A ver si lo he comprendido: Dicen estos señores que la ortografía correcta de "guion" es ésa, es decir, monosílabo, pero que son correctas ambas pronunciaciones, como una o dos sílabas. O sea, para "conseguir la unidad en la representación escrita de las voces que contienen . . . . .  tipo de secuencias" (unidad que yo nunca he echado en falta), ahora se abandona el principio de correspondencia entre ortografía y pronunciación. ¿no debería ser este un principio superior al que aspirar? A mí me parece horrible que, por ejemplo, el que huía de los peligros escriba después: "yo hui", como quien dice "yo, huy . . . ." Aún suponiendo que los sres. resuelven algo con este cambio, creo que es  más lo que estropean.


----------



## anahiseri

Peterdg said:


>


----------



## Amapolas

anahiseri said:


> A ver si lo he comprendido: Dicen estos señores que la ortografía correcta de "guion" es ésa, es decir, monosílabo, pero que son correctas ambas pronunciaciones, como una o dos sílabas. O sea, para "conseguir la unidad en la representación escrita de las voces que contienen . . . . .  tipo de secuencias" (unidad que yo nunca he echado en falta), ahora se abandona el principio de correspondencia entre ortografía y pronunciación. ¿no debería ser este un principio superior al que aspirar? A mí me parece horrible que, por ejemplo, el que huía de los peligros escriba después: "yo hui", como quien dice "yo, huy . . . ." Aún suponiendo que los sres. resuelven algo con este cambio, creo que es  más lo que estropean.

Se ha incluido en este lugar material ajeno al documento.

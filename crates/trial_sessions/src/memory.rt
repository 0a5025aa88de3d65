//! Makes calls of the library that take memory, and that no command makes, or none in this way, and prints whether each was answered right.
//! If a call is refused, all are made once more. If one is refused that leaves behind what it worked on, this is checked to be unchanged,
//! and the call is repeated there. `.ci/gate/refused-memory` refuses each request for memory in turn.
use crate::{found, held, late, scripts};
use anyhow::Result;
use bc_analyses::providers;
use bc_prov::Providers;
use std::io::Write;
use std::sync::Wait;
use std::thread::Threads;

/// Returns whether the calls of each part are answered right, with these providers. Fails if one is refused.
fn told<R: AllocGlobal + Threads + Wait + Sync>(
    rt: &R,
    providers: &Providers,
) -> Result<[bool; 4]> {
    let is_found = found::is_well(rt, providers)?;
    let is_held = held::is_well(rt.alloc(), providers)?;
    let is_late = late::is_well(rt, providers)?;
    let is_run = scripts::is_well(rt, providers)?;
    Ok([is_found, is_held, is_late, is_run])
}

/// Returns whether the calls of each part are answered right, with the program's providers. Fails if anything is refused.
fn are_well<R: AllocGlobal + Threads + Wait + Sync>(rt: &R) -> Result<[bool; 4]> {
    let providers = providers!(rt.alloc());
    told(rt, &providers)
}

/// Writes whether the calls of each part are answered right. Fails if it cannot be written, or if calls are refused twice.
pub fn show<R: AllocGlobal + Threads + Wait + Sync, W: Write>(rt: &R, out: &mut W) -> Result<()> {
    let [is_found, is_held, is_late, is_run] = match are_well(rt) {
        Ok(told) => told,
        Err(_) => are_well(rt)?,
    };
    writeln!(
        out,
        "found {is_found}, held {is_held}, late {is_late}, scripts {is_run}"
    )?;
    Ok(())
}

Es que "hui" se pronuncia como un monosílabo con la I tónica, mientras que "huy" se pronuncia con la U tónica; no sé si me explico. 

Como sea, yo tomo a la RAE como guía, pero no como dogma. De hecho, para mí todas estas palabritas son bisílabas, así las pronuncio, y así seguiré escribiéndolas -con tilde- porque los viejos nos encariñamos con ciertas costumbres: rió, guión, frió, etc.

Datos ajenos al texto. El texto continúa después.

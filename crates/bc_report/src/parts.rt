//! How numbers, names and places are written.
ghost use Rattle.std.specs.Prelude.{OnOk, decimal};
ghost use Rattle.std.specs.Io.KnownBytes.{Appends};
ghost use Rattle.bc_names.specs.Names.{name_text, segment_text};
ghost use Rattle.bc_bodies.specs.Lines.{point_text};
ghost use Rattle.bc_mir.specs.Lines.{place_text};

use crate::texts::put_point;
use bc_mir::{Point, Where};
use bc_names::Name;
use bc_writer::{WriterFault, write_bytes};
use itoa::Buffer;
use std::io::Write;

/// The most bytes of a point.
const POINT: usize = 44;

/// Writes the digits of a number. Returns `WriterFault` only if a write fails.
pub fn write_number<W: Write>(number: u128, out: &mut W) -> Result<(), WriterFault>
    ensures { OnOk result (Appends (W.contents out.old) (W.contents out.new) (decimal number)) }
{
    write_bytes(Buffer::new().format(number).as_bytes(), out)
}

/// Writes a segment of a name, with the `/` before it.
fn write_segment<W: Write>(number: u8, out: &mut W) -> Result<(), WriterFault>
    ensures { OnOk result (Appends (W.contents out.old) (W.contents out.new) (segment_text number)) }
{
    write_bytes(b"/", out)?;
    write_number(u128::from(number), out)
}

/// Writes a name in its one spelling.
pub(crate) fn write_name<W: Write>(name: &Name, out: &mut W) -> Result<(), WriterFault>
    ensures { OnOk result (Appends (W.contents out.old) (W.contents out.new) (name_text name.now)) }
{
    write_bytes(name.root(), out)?;
    let segments = name.segments();
    for segment in segments {
        write_segment(*segment, out)?;
    }
    Ok(())
}

/// Writes a point, such as `bb0[2]`.
fn write_point<W: Write>(point: Point, out: &mut W) -> Result<(), WriterFault>
    ensures { OnOk result (Appends (W.contents out.old) (W.contents out.new) (point_text point)) }
{
    let mut text = [0; POINT];
    let start = put_point(point, &mut text, POINT);
    write_bytes(&text[start..], out)
}

/// Writes the place of a misfit: `header`, or a point.
pub(crate) fn write_place<W: Write>(place: Where, out: &mut W) -> Result<(), WriterFault>
    ensures { OnOk result (Appends (W.contents out.old) (W.contents out.new) (place_text place)) }
{
    match place {
        Where::Header => write_bytes(b"header", out),
        Where::At(point) => write_point(point, out),
    }
}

Y seguiré escribiendo "más aun" así, pero eso ya es harina de otro costal.


----------



## Circunflejo

anahiseri said:


> Dicen estos señores que la ortografía correcta de "guion" es ésa, es decir, monosílabo, pero que son correctas ambas pronunciaciones, como una o dos sílabas.






anahiseri said:


> O sea, para "conseguir la unidad en la representación escrita de las voces que contienen . . . . . tipo de secuencias" (unidad que yo nunca he echado en falta), ahora se abandona el principio de correspondencia entre ortografía y pronunciación. ¿no debería ser este un principio superior al que aspirar?

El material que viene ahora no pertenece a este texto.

//! Sixteen sessions that make calls and readings on threads, over functions with closures, compared with a map.
use crate::model::{CLOSURES, Deed, Kind, Log, Reading, Seen, agree};
use anyhow::{Result, bail};
use bc_book::Refusal;
use bc_names::Name;
use bc_prov::{Providers, Shared};
use bc_share::{Db, MOST_ENTRIES, Session};
use bc_syntax::{Types, Unit};
use bc_versions::{Ending, Waiting};
use rand_core::Rng;
use rand_pcg::Pcg32;
use std::alloc::{AllocError, Global};
use std::io::Write;
use std::sync::Wait;
use std::thread;
use std::thread::Threads;
use test_fixtures::{MARKED_INVARIANT, Sight, name, shared_types, shared_unit};

/// The number of sessions, which is the greatest possible.
const SESSIONS: u8 = 16;

/// Rounds, each with a new database: their name, the number of functions, of turns of each session, and of rounds. A turn is a call or a
/// reading.
pub type Shape = (&'static str, u16, u32, u32);

/// The units that are put, each with what is known about it.
const UNITS: [(Kind, &[u8]); 10] = [
    (
        Kind::Closure(0),
        b"closure[]()->int{let _1:int;let _2:&'?0 mut int;bb0{_1=1;_2=&'?1 mut _1;_0=copy _2.*;return;}}",
    ),
    (
        Kind::Function(0),
        b"fn()->int{let _1:int;let _2:&'?0 mut int;bb0{_1=1;_2=&'?1 mut _1;_0=copy _2.*;return;}}",
    ),
    (
        Kind::Closure(1),
        b"closure[]()->int{let _1:int;let _2:&'?0 mut int;bb0{_1=1;_2=&'?1 mut _1;_0=copy _1;_0=copy _2.*;return;}}",
    ),
    (
        Kind::Function(1),
        b"fn()->int{let _1:int;let _2:&'?0 mut int;bb0{_1=1;_2=&'?1 mut _1;_0=copy _1;_0=copy _2.*;return;}}",
    ),
    (
        Kind::Closure(2),
        b"closure[]()->int{let _1:int;let _2:&'?0 mut int;bb0{_1=1;_2=&'?1 mut _1;_0=copy _1;_0=copy _1;_0=copy _2.*;return;}}",
    ),
    (
        Kind::Function(2),
        b"fn()->int{let _1:int;let _2:&'?0 mut int;bb0{_1=1;_2=&'?1 mut _1;_0=copy _1;_0=copy _1;_0=copy _2.*;return;}}",
    ),
    (
        Kind::Creator([true, false, false]),
        b"fn()->int{let _1:closure 0;bb0{_1=closure 0();return;}}",
    ),
    (
        Kind::Creator([false, true, false]),
        b"fn()->int{let _1:closure 1;bb0{_1=closure 1();return;}}",
    ),
    (
        Kind::Creator([true, false, true]),
        b"fn()->int{let _1:closure 0;let _2:closure 2;bb0{_1=closure 0();_2=closure 2();return;}}",
    ),
    (
        Kind::Creator([true, true, true]),
        b"fn()->int{let _1:closure 0;let _2:closure 1;let _3:closure 2;bb0{_1=closure 0();_2=closure 1();_3=closure 2();return;}}",
    ),
];

/// What the sessions put: units with what is known about each, and declarations, the same each time.
#[derive(Drop)]
pub struct Stock {
    units: Vec<(Kind, Shared<Unit>)>,
    types: Shared<Types>,
}

impl Stock {
    /// Returns the units of the texts above, and declarations.
    pub fn new(alloc: Global) -> Result<Stock> {
        let mut units = Vec::new(alloc);
        for (kind, text) in UNITS {
            units.push((kind, Shared::new(shared_unit(alloc, text)?)))?;
        }
        let types = Shared::new(shared_types(alloc, MARKED_INVARIANT)?);
        Ok(Stock { units, types })
    }
}

/// Returns the names of `functions` functions, each followed by those of its closures. They ascend, and one of each 26 begins the others.
fn names(alloc: Global, functions: u16) -> Result<Vec<Name>> {
    let mut names = Vec::new(alloc);
    for function in 0..functions {
        let low = (function % 26) as u8;
        let middle = (function / 26 % 26) as u8;
        let high = (function / 676 % 26) as u8;
        let letters = [b'n', b'a' + high, b'a' + middle, b'a' + low];
        let length = if low == 0 { 3 } else { 4 };
        let root = name(&letters[..length])?;
        names.push(root)?;
        for number in 0..CLOSURES as u8 {
            let Some(child) = root.child(number) else {
                bail!("no such closure");
            };
            names.push(child)?;
        }
    }
    Ok(names)
}

/// A session on a thread of its own: with what it makes its calls, how it draws them, what it did, and whether it was never refused.
#[derive(Drop)]
struct Seat<'a, R, E: Ending> {
    rt: &'a R,
    stock: &'a Stock,
    names: &'a [Name],
    session: Session<E>,
    dice: Pcg32,
    log: Log,
    is_done: bool,
}

impl<'a, R: AllocGlobal + Wait, E: Ending> Seat<'a, R, E> {
    /// Returns a random number below a limit.
    fn draw(&mut self, limit: usize) -> usize {
        self.dice.next_u32() as usize % limit.max(1)
    }

    /// Notes a call that is to be made.
    fn note(&mut self, deed: Deed) -> Result<(), AllocError> {
        self.log.calls.push(deed)?;
        Ok(())
    }

    /// Stores the declarations.
    fn declare(&mut self) -> Result<(), Refusal> {
        self.note(Deed::Types)?;
        let types = self.stock.types.clone()?;
        self.session.put_types(self.rt, types.into_arc())
    }

    /// Puts a random unit under a name.
    fn put(&mut self, name: &Name, number: usize) -> Result<(), Refusal> {
        let stock = self.stock;
        let drawn = self.draw(stock.units.len());
        if let Some((kind, unit)) = stock.units.get(drawn) {
            self.note(Deed::Put(number, *kind))?;
            self.session.put(self.rt, *name, unit.clone()?.into_arc())?;
        }
        Ok(())
    }

    /// Notes what was seen of a name.
    fn see(&mut self, number: usize, seen: Seen) -> Result<(), AllocError> {
        self.log.readings.push(Reading {
            behind: self.log.calls.len(),
            name: number,
            seen,
        })?;
        Ok(())
    }

    /// Glances at a name, and notes what it saw.
    fn glance(&mut self, name: &Name, number: usize) -> Result<(), AllocError> {
        let shown = match self.session.glance(name)? {
            Some(outcome) => Some(Sight::of(&outcome)),
            None => None,
        };
        self.see(number, Seen::Answer(shown))
    }

    /// Works on a name without the lock, notes the outcome, and settles nothing.
    fn work(
        &mut self,
        name: &Name,
        number: usize,
        providers: &Providers,
    ) -> Result<(), AllocError> {
        let begun = self.session.begin(name)?;
        let work = begun.work(self.rt.alloc(), providers)?;
        self.see(number, Seen::Found(Sight::of(work.outcome())))
    }

    /// Makes a random call or reading.
    fn act(&mut self, providers: &Providers) -> Result<(), Refusal> {
        let names = self.names;
        let number = self.draw(names.len());
        let Some(name) = names.get(number) else {
            return Ok(());
        };
        match self.draw(256) {
            0 => self.declare()?,
            1..=79 => self.put(name, number)?,
            80..=94 => {
                self.note(Deed::Remove(number))?;
                self.session.remove(self.rt, *name)?;
            }
            95 => {
                self.note(Deed::All)?;
                self.session.ask_all(self.rt, providers)?;
            }
            96..=159 => {
                self.note(Deed::Ask(number))?;
                self.session.ask(self.rt, name, providers)?;
            }
            160..=239 => self.glance(name, number)?,
            _ => self.work(name, number, providers)?,
        }
        Ok(())
    }

    /// Makes `count` of these, until one is refused.
    fn sit(&mut self, count: u32, providers: &Providers) {
        for _turn in 0..count {
            if self.act(providers).is_err() {
                return;
            }
        }
        self.is_done = true;
    }
}

/// What all rounds share.
#[derive(Clone, Copy)]
pub struct Table<'a, R> {
    pub rt: &'a R,
    pub stock: &'a Stock,
    pub providers: &'a Providers,
}

impl<'a, R: AllocGlobal + Threads + Wait + Sync> Table<'a, R> {
    /// Returns the sessions in seats, each with a random generator of its own.
    fn seats<E: Ending>(
        &self,
        seed: u32,
        sessions: Vec<Session<E>>,
        names: &'a [Name],
    ) -> Result<Vec<Seat<'a, R, E>>> {
        let alloc = self.rt.alloc();
        let mut seats = Vec::new(alloc);
        for session in sessions {
            let dice = Pcg32::new(u64::from(seed), u64::from(session.number()));
            seats.push(Seat {
                rt: self.rt,
                stock: self.stock,
                names,
                session,
                dice,
                log: Log {
                    calls: Vec::new(alloc),
                    readings: Vec::new(alloc),
                },
                is_done: false,
            })?;
        }
        Ok(seats)
    }

    /// Has each of these sessions make `count` calls and readings, on a thread of its own. Returns the sessions, with what each did. Fails
    /// if one was refused.
    fn sit_all(
        &self,
        seed: u32,
        sessions: Vec<Session<Waiting<&'a R>>>,
        names: &[Name],
        count: u32,
    ) -> Result<(Vec<Session<Waiting<&'a R>>>, Vec<Log>)> {
        let mut seats = self.seats(seed, sessions, names)?;
        sit_beside(self.rt, self.providers, &mut seats, count);
        risen(self.rt.alloc(), seats)
    }

    /// Makes a round: the sessions of a new database make calls and readings, it is closed, and its history and the readings are compared
    /// with a map. Returns the numbers of calls and of readings. Fails if they differ from the map.
    fn round(&self, names: &[Name], turns: u32, seed: u32) -> Result<(usize, usize)> {
        let alloc = self.rt.alloc();
        let capacity = turns.saturating_mul(u32::from(SESSIONS)).min(MOST_ENTRIES);
        let ending = Waiting::new(self.rt);
        let (db, sessions) = Db::open(alloc, ending, 0, capacity, SESSIONS)?;
        let (sessions, logs) = self.sit_all(seed, sessions, names, turns)?;
        let history = db.close(self.rt, sessions)?;
        if !agree(alloc, names, &logs, history.entries())? {
            bail!("the history is not what a map says");
        }
        Ok(counts(&logs))
    }

    /// Makes rounds of a shape, and writes how many calls and readings agree with a map. Fails if some do not.
    pub fn show<W: Write>(&self, shape: Shape, out: &mut W) -> Result<()> {
        let (what, functions, turns, rounds) = shape;
        let names = names(self.rt.alloc(), functions)?;
        let (mut calls, mut readings) = (0usize, 0usize);
        for seed in 0..rounds {
            let made = self.round(&names, turns, seed)?;
            calls = calls.saturating_add(made.0);
            readings = readings.saturating_add(made.1);
        }
        writeln!(
            out,
            "{calls} calls and {readings} readings of {what} agree with a map"
        )?;
        Ok(())
    }
}

/// Has each session make `count` calls and readings, on a thread of its own.
fn sit_beside<R: AllocGlobal + Threads + Wait + Sync, E: Ending + Send>(
    rt: &R,
    providers: &Providers,
    seats: &mut [Seat<'_, R, E>],
    count: u32,
) {
    let threads = seats.len().max(1);
    thread::for_each_mut(
        rt,
        seats,
        threads,
        &|_index: usize, seat: &mut Seat<'_, R, E>| seat.sit(count, providers),
    );
}

/// Returns the sessions from their seats, and what each did. Fails if one was refused.
fn risen<R, E: Ending>(
    alloc: Global,
    seats: Vec<Seat<'_, R, E>>,
) -> Result<(Vec<Session<E>>, Vec<Log>)> {
    let mut sessions = Vec::new(alloc);
    let mut logs = Vec::new(alloc);
    for seat in seats {
        let Seat {
            rt: _,
            stock: _,
            names: _,
            session,
            dice: _,
            log,
            is_done,
        } = seat;
        if !is_done {
            bail!("a session was refused");
        }
        sessions.push(session)?;
        logs.push(log)?;
    }
    Ok((sessions, logs))
}

/// Returns the numbers of calls and of readings.
fn counts(logs: &[Log]) -> (usize, usize) {
    let (mut calls, mut readings) = (0usize, 0usize);
    for log in logs {
        calls = calls.saturating_add(log.calls.len());
        readings = readings.saturating_add(log.readings.len());
    }
    (calls, readings)
}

Parece ser que para ellos no lo es. Quisiera verles yo explicando a un extranjero que aprende español que pie se escribe igual independientemente de que hagamos referencia a la tercera persona del singular del verbo piar o a la parte del cuerpo que acostumbramos a meter dentro de un zapato pero se pronuncia distinto en cada unos de esos casos... Si realmente les preocupara la unidad en la representación escrita, más valdría que dejaran de aceptar formas como hacera…, que ahora marcan como desusada pero que en 2001 (22ª edición del DRAE) la presentaban como una opción tan válida y actual como acera puesto que no tenía ninguna marca especial, en vez de dedicarse a imponernos una forma de escribir que, con buen criterio, en 1999 la propia RAE dejó a elección de quien escribiera en función de sus preferencias y/o su modo de pronunciar pero se ve que eso de dar algo de libertad para que podamos escoger cómo escribir no les gusta. Y si les preocupara la correspondencia entre ortografía y pronunciación, no solo ni considerarían cuestiones como las que exponen en el punto 4 del enlace sino que buscarían alguna forma para solucionar problemas como el de quienes ponunciamos palabras como paisito en cuatro sílabas y no tenemos forma de representarlo gráficamente. Por cierto, en 1999 la RAE nos daba libertad para acentuar (o no) palabras como guión y ya hemos visto cómo ha evolucionado eso. Ahora nos da libertad para llamar a las letras como tengamos constumbre. ¿Acabará por imponernos también los nombres que ahora propone para ellas?



Amapolas said:


> Como sea, yo tomo a la RAE como guía, pero no como dogma.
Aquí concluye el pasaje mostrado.